Data to process:
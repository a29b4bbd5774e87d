//! A number that a monitor watches.
ghost use Rattle.std.specs.Prelude.{◌≡◌, ◌*◌, ◌/◌, ◌^◌, ◌<◌, ◌≤◌};
ghost use Rattle.rom_carry.specs.Gauges.{gauge_text};
ghost use Rattle.rom_text.specs.Streams.{Prints};

use itoa::Buffer;
use rom_text::{IoFailed, Sink, print_pieces};

/// Prints a gauge of this name and value in the text format of Prometheus: its type, and then the value. The name
/// gets `romulus_` in front.
pub fn print_gauge<K: Sink>(out: &mut K, name: &str, value: u128) -> Result<(), IoFailed>
    ensures prints { Prints K.shown out.old out.new result (gauge_text name.now value) }
{
    let mut of_value = Buffer::new();
    let value = of_value.format(value);
    print_pieces(
        out,
        &[
            "# TYPE romulus_",
            name,
            " gauge\nromulus_",
            name,
            " ",
            value,
            "\n",
        ],
    )
}

/// How much of the room is free, in per cent, rounded down.
pub fn percent_of(free: u64, room: u64) -> u64
    requires some { 0 < room }
    requires small { free ≤ 2 ^ 32 }
    ensures { result ≡ free * 100 / room }
{
    free * 100 / room
}
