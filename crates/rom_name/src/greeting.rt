//! The meeting of a heap and a stream that is to be followed on it.
ghost use Rattle.std.specs.Prelude.{◌≤◌, ◌≢◌, ℕ, List};
ghost use Rattle.rom_model.specs.Space.{ChangesOnly};
ghost use Rattle.rom_device.specs.Device.{Does};
ghost use Rattle.rom_header.specs.Held.{Holds};
ghost use Rattle.rom_name.specs.Greetings.{IsCarriedOut, IsGreeted, IsMet};
ghost use Rattle.rom_name.specs.Peeked.{IsFirst, IsUnread};

use crate::count::{Own, read_own};
use crate::meeting::{Meeting, Refusal, meet};
use crate::peeked::{First, Peeked};
use crate::writing::{write_epoch, write_identity};
use rom_device::{Device, Failed};
use rom_model::Object;
use rom_text::Source;

/// What becomes of a stream.
#[derive(Clone, Copy, Debug, PartialEq, Eq)]
pub enum Greeting {
    /// Its frames may be taken. Its head, if it had one, is taken from it.
    Followed,
    Refused(Refusal),
    /// A read of the stream failed before it was known how it begins.
    StreamFailed,
    DeviceFailed,
}

/// What is done of a stream on the heap that was read so.
fn meet_first(own: &Own, first: First, anonymous: bool) -> Meeting
    requires { first ≢ First.Failed }
    ensures { IsMet anonymous own.now first result }
{
    match first {
        First::Headed(head) => meet(&own.identity, own.count, &head),
        First::Headless if !anonymous => Meeting::Refused(Refusal::Nameless),
        First::Headless | First::Empty | First::Failed => Meeting::Follow,
    }
}

/// Writes what the heap takes of a stream, where it does.
fn carry_out<D: Device>(device: &mut D, meeting: &Meeting) -> Greeting
    requires { 8 ≤ D.shown.size device.old }
    ensures { IsCarriedOut D.shown meeting.now device.old device.new result }
{
    let written = match meeting {
        Meeting::Follow => return Greeting::Followed,
        Meeting::Refused(why) => return Greeting::Refused(*why),
        Meeting::Take(identity) => write_identity(device, identity),
        Meeting::Raise { epoch, since } => write_epoch(device, *epoch, *since),
    };
    match written {
        Ok(()) => Greeting::Followed,
        Err(Failed) => Greeting::DeviceFailed,
    }
}

/// Reads whose updates the heap of a device holds, and how the stream begins, and says whether it may be
/// followed. Before it says so the heap has taken the identity or the epoch that it is to take. A stream
/// without a head is followed, as it is, where `anonymous` asks for it; one without a byte always. Where no heap
/// stands on the device the stream may be followed, for the opening says why not.
pub fn greet<D: Device, O: Object, S: Source>(
    device: &mut D,
    stream: &mut Peeked<S>,
    anonymous: bool,
) -> Greeting
    requires { IsUnread stream.old }
    // The answer is that of what the device and the stream hold, and is carried out.
    ensures greeted { IsGreeted D.shown (IsFirst S.shown) anonymous device.old device.new stream.old
        stream.new result }
    // Whatever it answers, and where it is stopped: no word differs but the four of the identity.
    ensures does { Does D.shown (ChangesOnly 4 4) device.old device.new }
    // So the heap holds what it held.
    ensures keeps { (order : ℕ) (i j : List ℕ) (s : O.State) (k : ℕ) → ChangesOnly 4 4 i j →
        Holds O.Contents order i s k → Holds O.Contents order j s k }
{
    let Ok(found) = read_own::<D, O>(device) else {
        return Greeting::DeviceFailed;
    };
    let Some(own) = found else {
        return Greeting::Followed;
    };
    match stream.take_first() {
        First::Failed => Greeting::StreamFailed,
        first => carry_out(device, &meet_first(&own, first, anonymous)),
    }
}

Task statement:
All of the entries above need to be printed again exactly.

Response for this exercise:
repository a29b4bbd5774e87d
//! A number that a monitor watches.
ghost use Rattle.std.specs.Prelude.{◌≡◌, ◌*◌, ◌/◌, ◌^◌, ◌<◌, ◌≤◌};
ghost use Rattle.rom_carry.specs.Gauges.{gauge_text};
ghost use Rattle.rom_text.specs.Streams.{Prints};

use itoa::Buffer;
use rom_text::{IoFailed, Sink, print_pieces};

/// Prints a gauge of this name and value in the text format of Prometheus: its type, and then the value. The name
/// gets `romulus_` in front.
pub fn print_gauge<K: Sink>(out: &mut K, name: &str, value: u128) -> Result<(), IoFailed>
    ensures prints { Prints K.shown out.old out.new result (gauge_text name.now value) }
{
    let mut of_value = Buffer::new();
    let value = of_value.format(value);
    print_pieces(
        out,
        &[
            "# TYPE romulus_",
            name,
            " gauge\nromulus_",
            name,
            " ",
            value,
            "\n",
        ],
    )
}

/// How much of the room is free, in per cent, rounded down.
pub fn percent_of(free: u64, room: u64) -> u64
    requires some { 0 < room }
    requires small { free ≤ 2 ^ 32 }
    ensures { result ≡ free * 100 / room }
{
    free * 100 / room
}
filename crates/rom_name/src/greeting.rt
//! The meeting of a heap and a stream that is to be followed on it.
ghost use Rattle.std.specs.Prelude.{◌≤◌, ◌≢◌, ℕ, List};
ghost use Rattle.rom_model.specs.Space.{ChangesOnly};
ghost use Rattle.rom_device.specs.Device.{Does};
ghost use Rattle.rom_header.specs.Held.{Holds};
ghost use Rattle.rom_name.specs.Greetings.{IsCarriedOut, IsGreeted, IsMet};
ghost use Rattle.rom_name.specs.Peeked.{IsFirst, IsUnread};

use crate::count::{Own, read_own};
use crate::meeting::{Meeting, Refusal, meet};
use crate::peeked::{First, Peeked};
use crate::writing::{write_epoch, write_identity};
use rom_device::{Device, Failed};
use rom_model::Object;
use rom_text::Source;

/// What becomes of a stream.
#[derive(Clone, Copy, Debug, PartialEq, Eq)]
pub enum Greeting {
    /// Its frames may be taken. Its head, if it had one, is taken from it.
    Followed,
    Refused(Refusal),
    /// A read of the stream failed before it was known how it begins.
    StreamFailed,
    DeviceFailed,
}

/// What is done of a stream on the heap that was read so.
fn meet_first(own: &Own, first: First, anonymous: bool) -> Meeting
    requires { first ≢ First.Failed }
    ensures { IsMet anonymous own.now first result }
{
    match first {
        First::Headed(head) => meet(&own.identity, own.count, &head),
        First::Headless if !anonymous => Meeting::Refused(Refusal::Nameless),
        First::Headless | First::Empty | First::Failed => Meeting::Follow,
    }
}

/// Writes what the heap takes of a stream, where it does.
fn carry_out<D: Device>(device: &mut D, meeting: &Meeting) -> Greeting
    requires { 8 ≤ D.shown.size device.old }
    ensures { IsCarriedOut D.shown meeting.now device.old device.new result }
{
    let written = match meeting {
        Meeting::Follow => return Greeting::Followed,
        Meeting::Refused(why) => return Greeting::Refused(*why),
        Meeting::Take(identity) => write_identity(device, identity),
        Meeting::Raise { epoch, since } => write_epoch(device, *epoch, *since),
    };
    match written {
        Ok(()) => Greeting::Followed,
        Err(Failed) => Greeting::DeviceFailed,
    }
}

/// Reads whose updates the heap of a device holds, and how the stream begins, and says whether it may be
/// followed. Before it says so the heap has taken the identity or the epoch that it is to take. A stream
/// without a head is followed, as it is, where `anonymous` asks for it; one without a byte always. Where no heap
/// stands on the device the stream may be followed, for the opening says why not.
pub fn greet<D: Device, O: Object, S: Source>(
    device: &mut D,
    stream: &mut Peeked<S>,
    anonymous: bool,
) -> Greeting
    requires { IsUnread stream.old }
    // The answer is that of what the device and the stream hold, and is carried out.
    ensures greeted { IsGreeted D.shown (IsFirst S.shown) anonymous device.old device.new stream.old
        stream.new result }
    // Whatever it answers, and where it is stopped: no word differs but the four of the identity.
    ensures does { Does D.shown (ChangesOnly 4 4) device.old device.new }
    // So the heap holds what it held.
    ensures keeps { (order : ℕ) (i j : List ℕ) (s : O.State) (k : ℕ) → ChangesOnly 4 4 i j →
        Holds O.Contents order i s k → Holds O.Contents order j s k }
{
    let Ok(found) = read_own::<D, O>(device) else {
        return Greeting::DeviceFailed;
    };
    let Some(own) = found else {
        return Greeting::Followed;
    };
    match stream.take_first() {
        First::Failed => Greeting::StreamFailed,
        first => carry_out(device, &meet_first(&own, first, anonymous)),
    }
}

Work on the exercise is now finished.